Research & Innovation

MaCuDE: Collaborating on the Curriculum of Tomorrow

Stevens leads over 100 business schools from around the world in creating a management curriculum for the digital era.

Are business students prepared to navigate the sweeping changes brought on by digital transformation? This is the question driving business schools to modernize their curricula, responding to disruptions caused by technologies such as machine learning, artificial intelligence, robotics, the Internet of Things, virtual and augmented reality, and blockchain.

These technologies are radically transforming areas of cognitive and physical work, demanding a new skill set of skills for business professionals. 

“The business education as we know it is in major transition,” said Gregory Prastacos, dean of the School of Business at Stevens Institute of Technology. “The fundamental language of business — accounting, strategy, marketing, finance — is still very important to how work gets done, but technology is now at the core. This is why MaCuDE is timely and important."

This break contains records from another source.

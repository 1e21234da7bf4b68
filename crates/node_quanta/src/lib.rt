//! What a threaded run asks of the two kernels beyond `Machine`: quanta that were computed outside their lock.
//!
//! Promises: `RunsQuanta` tells a thread's registers and a page of a process, as they are now, and makes quanta happen:
//! one Run for each, exactly where the thread may run on the core, the limit allows them all, and the registers and the
//! pages are as the quanta saw them. Else nothing changes, and `Stale` is the first of these that fails. The words
//! stand in specs/Happening.
#![tactic(auto)]

mod asking;
mod stale;

pub use asking::RunsQuanta;
pub use stale::Stale;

The concept of MaCuDE: Management Curriculum for the Digital Era, originated within AACSB’s Digital Transformation Affinity Group (DTAG), which Prastacos co-chairs. “I remember when I presented my proposal for undertaking a project to revise the management curriculum for the digital era, and asked if anybody would be interested to join, almost everybody in the packed room raised their hand” he says.

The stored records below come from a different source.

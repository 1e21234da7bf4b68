// A change made, and the room for it.
ghost use Rattle.hybrid_model.specs.Spaces.{add_page, after_effect, drop_page, protect_page};
ghost use Rattle.kernel_model.specs.MemoryCalls.{all_present, effect_of, exceeds, heap_rights};
ghost use Rattle.kernel_model.specs.Nodes.{Process};
ghost use Rattle.kernel_model.specs.Spaces.{each_in};
ghost use Rattle.kernel_model.specs.declared.Change.TheVariants.{Brk};
ghost use Rattle.lwk_changes.specs.Conditions.{GoesAhead, HasRoomFor, IsInBounds, RisesBy, added_by};
ghost use Rattle.lwk_space.specs.Frames.{space};
ghost use Rattle.lwk_space.specs.Lacks.{memory};
ghost use Rattle.lwk_space.specs.Rows.{FramesApart, FramesTaken, RoomFor};
ghost use Rattle.mck_word.specs.declared.PageRange.{PageRange as range};
ghost use Rattle.std.specs.Prelude.{◌≡◌, ◌≤◌, ◌+◌, ◌^◌, ℕ, List, OnOk, false, length, true};

use crate::counts::rights_of;
use frame_mem::FrameMem;
use frame_pool::FramePool;
use kernel_model::Change;
use lwk_space::Space;
use mck_flags::Rights;
use mck_word::{NoMemory, PageRange};
use page_map::PageTable;
use vm_calls::change_range;

/// The pages that a change adds.
fn added_range(brk: u64, change: &Change) -> PageRange
    ensures { result ≡ added_by brk change.now }
{
    match *change {
        Change::Map { range, .. } => range,
        Change::Brk(a) => {
            if a < brk {
                PageRange { lo: 0, hi: 0 }
            } else {
                change_range(brk, change)
            }
        }
        Change::Unmap(_) => PageRange { lo: 0, hi: 0 },
        Change::Protect { .. } => PageRange { lo: 0, hi: 0 },
    }
}

/// Makes room for the pages that the change adds.
pub fn make_room_for<T: PageTable>(
    own: &mut Space<T>,
    brk: u64,
    change: &Change,
) -> Result<(), NoMemory>
    requires { IsInBounds brk change.now }
    ensures same { T.rows own.new.table ≡ T.rows own.old.table }
    ensures brk { own.new.areas.program_break ≡ own.old.areas.program_break }
    ensures room { OnOk result (HasRoomFor (T.has_room own.new.table) own.new.areas.spare brk change.now) }
    ensures keeps { (rs : List range) → T.has_room own.old.table rs → T.has_room own.new.table rs }
{
    own.make_room(&[added_range(brk, change)])?;
    own.reserve(2)
}

/// Drops the pages of a range that are present, and maps all of it.
fn replace<T: PageTable>(
    own: &mut Space<T>,
    r: &PageRange,
    rights: Rights,
    mem: &mut FrameMem,
    pool: &mut FramePool,
)
    requires order { r.now.lo ≤ r.now.hi }
    requires below { r.now.hi ≤ 2 ^ 27 }
    requires spare { 2 ≤ own.old.areas.spare }
    requires room { RoomFor (T.has_room own.old.table) r.now }
    requires enough { exceeds (memory (T.rows own.old.table) mem.old) (length pool.old.free) r.now ≡ false }
    requires taken { FramesTaken (T.rows own.old.table) pool.old }
    requires apart { FramesApart (T.rows own.old.table) }
    requires frames { pool.old.frames ≡ length mem.old }
    ensures after { space (T.rows own.new.table) mem.new pool.new ≡ each_in (add_page rights) r.now (each_in drop_page r.now (space (T.rows own.old.table) mem.old pool.old)) }
    ensures brk { own.new.areas.program_break ≡ own.old.areas.program_break }
    ensures pool { pool.new.frames ≡ pool.old.frames }
    ensures mem { length mem.new ≡ length mem.old }
{
    own.unmap(r, pool);
    own.map(r, rights, mem, pool);
}

/// Gives the pages of a range other rights.
fn protect<T: PageTable>(
    own: &mut Space<T>,
    r: &PageRange,
    rights: Rights,
    mem: &FrameMem,
    pool: &FramePool,
)
    requires order { r.now.lo ≤ r.now.hi }
    requires present { all_present (memory (T.rows own.old.table) mem.now) r.now ≡ true }
    ensures after { space (T.rows own.new.table) mem.now pool.now ≡ each_in (protect_page rights) r.now (space (T.rows own.old.table) mem.now pool.now) }
    ensures areas { own.new.areas ≡ own.old.areas }
{
    own.protect(r, rights);
}

/// Maps the pages that the heap gets.
fn raise_heap<T: PageTable>(
    own: &mut Space<T>,
    r: &PageRange,
    mem: &mut FrameMem,
    pool: &mut FramePool,
)
    requires order { r.now.lo ≤ r.now.hi }
    requires below { r.now.hi ≤ 2 ^ 27 }
    requires spare { 2 ≤ own.old.areas.spare }
    requires room { RoomFor (T.has_room own.old.table) r.now }
    requires rises { RisesBy (memory (T.rows own.old.table) mem.old) (length pool.old.free) r.now }
    requires frames { pool.old.frames ≡ length mem.old }
    ensures after { space (T.rows own.new.table) mem.new pool.new ≡ each_in (add_page heap_rights) r.now (space (T.rows own.old.table) mem.old pool.old) }
    ensures brk { own.new.areas.program_break ≡ own.old.areas.program_break }
    ensures pool { pool.new.frames ≡ pool.old.frames }
    ensures mem { length mem.new ≡ length mem.old }
{
    own.map(r, rights_of(3), mem, pool);
}

/// Moves the break: the pages between are dropped or mapped.
fn move_break<T: PageTable>(
    own: &mut Space<T>,
    mem: &mut FrameMem,
    pool: &mut FramePool,
    brk: u64,
    a: u64,
)
    requires bounds { IsInBounds brk (Brk a) }
    requires room { HasRoomFor (T.has_room own.old.table) own.old.areas.spare brk (Brk a) }
    requires ahead { GoesAhead (memory (T.rows own.old.table) mem.old) (length pool.old.free) brk (Brk a) }
    requires taken { FramesTaken (T.rows own.old.table) pool.old }
    requires apart { FramesApart (T.rows own.old.table) }
    requires frames { pool.old.frames ≡ length mem.old }
    ensures after { (p : Process) → brk ≡ p.program_break → space (T.rows own.new.table) mem.new pool.new ≡ after_effect (effect_of p (Brk a)) (space (T.rows own.old.table) mem.old pool.old) }
    ensures brk { own.new.areas.program_break ≡ own.old.areas.program_break }
    ensures pool { pool.new.frames ≡ pool.old.frames }
    ensures mem { length mem.new ≡ length mem.old }
{
    let r = change_range(brk, &Change::Brk(a));
    if a < brk {
        own.unmap(&r, pool);
    } else {
        raise_heap(own, &r, mem, pool);
    }
}

/// Makes a change that may go ahead. The break that the space keeps is the caller's to set.
pub fn make<T: PageTable>(
    own: &mut Space<T>,
    mem: &mut FrameMem,
    pool: &mut FramePool,
    brk: u64,
    change: &Change,
)
    requires bounds { IsInBounds brk change.now }
    requires room { HasRoomFor (T.has_room own.old.table) own.old.areas.spare brk change.now }
    requires ahead { GoesAhead (memory (T.rows own.old.table) mem.old) (length pool.old.free) brk change.now }
    requires taken { FramesTaken (T.rows own.old.table) pool.old }
    requires apart { FramesApart (T.rows own.old.table) }
    requires frames { pool.old.frames ≡ length mem.old }
    ensures after { (p : Process) → brk ≡ p.program_break → space (T.rows own.new.table) mem.new pool.new ≡ after_effect (effect_of p change.now) (space (T.rows own.old.table) mem.old pool.old) }
    ensures brk { own.new.areas.program_break ≡ own.old.areas.program_break }
    ensures pool { pool.new.frames ≡ pool.old.frames }
    ensures mem { length mem.new ≡ length mem.old }
{
    match *change {
        Change::Map { range, rights } => replace(own, &range, rights, mem, pool),
        Change::Unmap(range) => own.unmap(&range, pool),
        Change::Protect { range, rights } => protect(own, &range, rights, mem, pool),
        Change::Brk(a) => move_break(own, mem, pool, brk, a),
    }
}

The MaCuDE initiative has attracted significant interest from academia and industry. Faculty from over 100 business schools around the world, grouped in nine task forces, which segment MaCuDE’s research into topics ranging from traditional disciplines, like accounting and finance to modern digital themes, including data analytics and the future of work. The initiative is funded by PwC and sponsored by AACSB International.

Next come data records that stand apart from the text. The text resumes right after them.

// The highest gap for a call that maps anywhere.
ghost use Rattle.isa_model.specs.Memory.{Memory};
ghost use Rattle.kernel_model.specs.CallPhases.{argument};
ghost use Rattle.kernel_model.specs.MemoryCalls.{highest_gap};
ghost use Rattle.kernel_model.specs.Pages.{page_end};
ghost use Rattle.lwk_changes.specs.Shows.{Shows};
ghost use Rattle.std.specs.Option.{ForSome};
ghost use Rattle.std.specs.Prelude.{◌≡◌, ◌+◌, ◌<◌, ◌≤◌, ◌^◌, option_map, true};
ghost use Rattle.vm_calls.specs.Deciding.{looks_for_gap};

use lwk_space::Space;
use page_map::PageTable;
use system_calls::MemoryCall;

/// The first page at or above an address.
fn page_end(a: u64) -> u64
    ensures { result ≡ page_end a }
{
    if a % 4096 == 0 {
        a / 4096
    } else {
        a / 4096 + 1
    }
}

/// Whether the call is an mmap of some bytes without FIXED for which there are frames.
fn looks_for_gap(free: u64, call: MemoryCall, args: &[u64; 6]) -> bool
    ensures { result ≡ looks_for_gap free call args.now }
{
    let fixed = args[3] % (1 << 32) / 16 % 2 == 1;
    matches!(call, MemoryCall::Mmap) && args[1] != 0 && !fixed && page_end(args[1]) <= free
}

/// The first page of the highest gap of so many pages.
fn highest_gap<T: PageTable>(own: &Space<T>, pages: u64) -> Option<u64>
    requires { 1 ≤ pages }
    ensures low { ForSome result (λ low. low < 2 ^ 52) }
    ensures gap { (m : Memory) → Shows (T.rows own.now.table) m → option_map (λ low. low + pages) result ≡ highest_gap m pages }
{
    own.areas_agree();
    own.areas().gap(pages)
}

/// The first page of the highest gap, where the call looks for one.
pub fn gap_for<T: PageTable>(
    own: &Space<T>,
    free: u64,
    call: MemoryCall,
    args: &[u64; 6],
) -> Option<u64>
    ensures low { ForSome result (λ low. low < 2 ^ 52) }
    ensures gap { (m : Memory) → Shows (T.rows own.now.table) m → looks_for_gap free call args.now ≡ true → option_map (λ low. low + page_end (argument args.now 1)) result ≡ highest_gap m (page_end (argument args.now 1)) }
{
    if looks_for_gap(free, call, args) {
        highest_gap(own, page_end(args[1]))
    } else {
        None
    }
}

MaCuDE recently published a comprehensive report assessing the current state of digital themes in business school curricula and the innovations that business schools have been undertaking to address the challenges and opportunities of the digital age. As a synthesis of the task forces’ work in Phase 1, MaCuDE reported important findings on what the digital era demands and what business schools have yet to deliver.

Key Findings

The first important finding is that business schools around the world have been investing significantly in upgrading their curricula. However, the degree of emphasis on the digital issues varies per discipline. For example, the areas of marketing, finance and operations seem to lead in terms of innovations developed, whereas other areas, such as organizational behavior or strategy seem to lag. The innovations include new coursework, new certificate or degree programs, and plenty of executive education offerings.

There are five overriding themes around which business schools have been investing in transforming their curricula. These themes are: a) data analytics and machine learning, b) programming, c) algorithms and AI, d) emerging digital technologies, and e) managing digital organizations. Most schools have by now incorporated an analytics course in their core MBA program, and many schools include Python or R either as part of the curriculum, or as a lab, or as a prerequisite to the courses. Courses or programs around algorithms and AI, or emerging technologies (such as blockchain) are still not common.

Meta skills are equally if not more important in the digital age than before, but not much has been developed in terms of content or experiential activities addressing specifically the needs of the digital era. The key meta skills identified in the report include effective communication, leadership, critical thinking and innovation, agile mindset, empathy and intercultural skills, ethical behavior, appreciation for privacy and cybersecurity. “Competition is no longer confined to strict industry boundaries. A new style of leadership is emerging where digital savviness is essential. New ethical issues arise, and decision-makers face unprecedented dilemmas.”

A critical new topic is how to manage digital organizations. Artificial intelligence and big data have become foundational for corporations and start-ups alike, across all industries. Digital organizations face a number of challenges, including gig economy and labor issue, remote work environment, new competitive dynamics in the market, and more. In addition, digital organizations must prioritize ethics, privacy and cybersecurity. According to MaCuDE’s report, these cross-cutting concerns, including those of cybersecurity, privacy and ethics are “scarcely represented in most university curricula.”

The report also outlines a number of “development pathways”, including the need for new content (e.g., case studies) that reflect the digital environment, the need to manage the digital savviness gap between a school’s faculty, the need to integrate modern technologies into coursework and discuss the digital themes of ethics and cybersecurity, and more.

Next Steps Toward a New Era 

This is an ongoing initiative, expected to conclude in mid-2023. Now that Phase 1 is complete, MaCuDE is focusing on providing formal suggestions for the future of management education.

The mission of Phase 2 is to “identify knowledge and skill requirements as expressed by management role.” To address this issue, task forces have surveyed industry leaders and are in the process of determining what are the new skills needed for the digital era, and how curricula could be developed to address these market needs. In the final phase, MaCuDE will combine insights from the first two phases to deliver “recommendations for curricular evolution.”

Throughout each phase, the School of Business at Stevens is providing direction to ensure fruitful research and effective collaboration, spanning the borders of nations, industries and academic disciplines.